> [PROBLEM REQUIREMENTS]: Of the records below, reproduce only the span that opens with the line containing "F.Elem) → IsPresentation P →" and closes with the last line.
┌──
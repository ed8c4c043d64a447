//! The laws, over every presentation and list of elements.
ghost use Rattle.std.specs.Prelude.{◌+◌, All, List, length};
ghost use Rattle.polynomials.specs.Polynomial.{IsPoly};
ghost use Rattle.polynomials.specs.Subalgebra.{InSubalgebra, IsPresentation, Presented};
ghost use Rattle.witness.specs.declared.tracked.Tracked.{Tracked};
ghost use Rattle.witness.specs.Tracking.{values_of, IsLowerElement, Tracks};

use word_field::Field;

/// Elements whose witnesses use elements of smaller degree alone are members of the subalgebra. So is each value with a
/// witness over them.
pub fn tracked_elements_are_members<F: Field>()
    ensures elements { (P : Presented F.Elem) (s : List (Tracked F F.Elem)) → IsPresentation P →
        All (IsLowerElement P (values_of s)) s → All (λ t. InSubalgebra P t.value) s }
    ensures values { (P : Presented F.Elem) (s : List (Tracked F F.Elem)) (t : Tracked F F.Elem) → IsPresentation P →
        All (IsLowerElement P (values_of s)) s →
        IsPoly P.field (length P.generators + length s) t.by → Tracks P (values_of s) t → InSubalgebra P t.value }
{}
└──
> [RESPONSE TO THE TASK]:
    ensures values { (P : Presented F.Elem) (s : List (Tracked F F.Elem)) (t : Tracked F F.Elem) → IsPresentation P →
        All (IsLowerElement P (values_of s)) s →
        IsPoly P.field (length P.generators + length s) t.by → Tracks P (values_of s) t → InSubalgebra P t.value }
{}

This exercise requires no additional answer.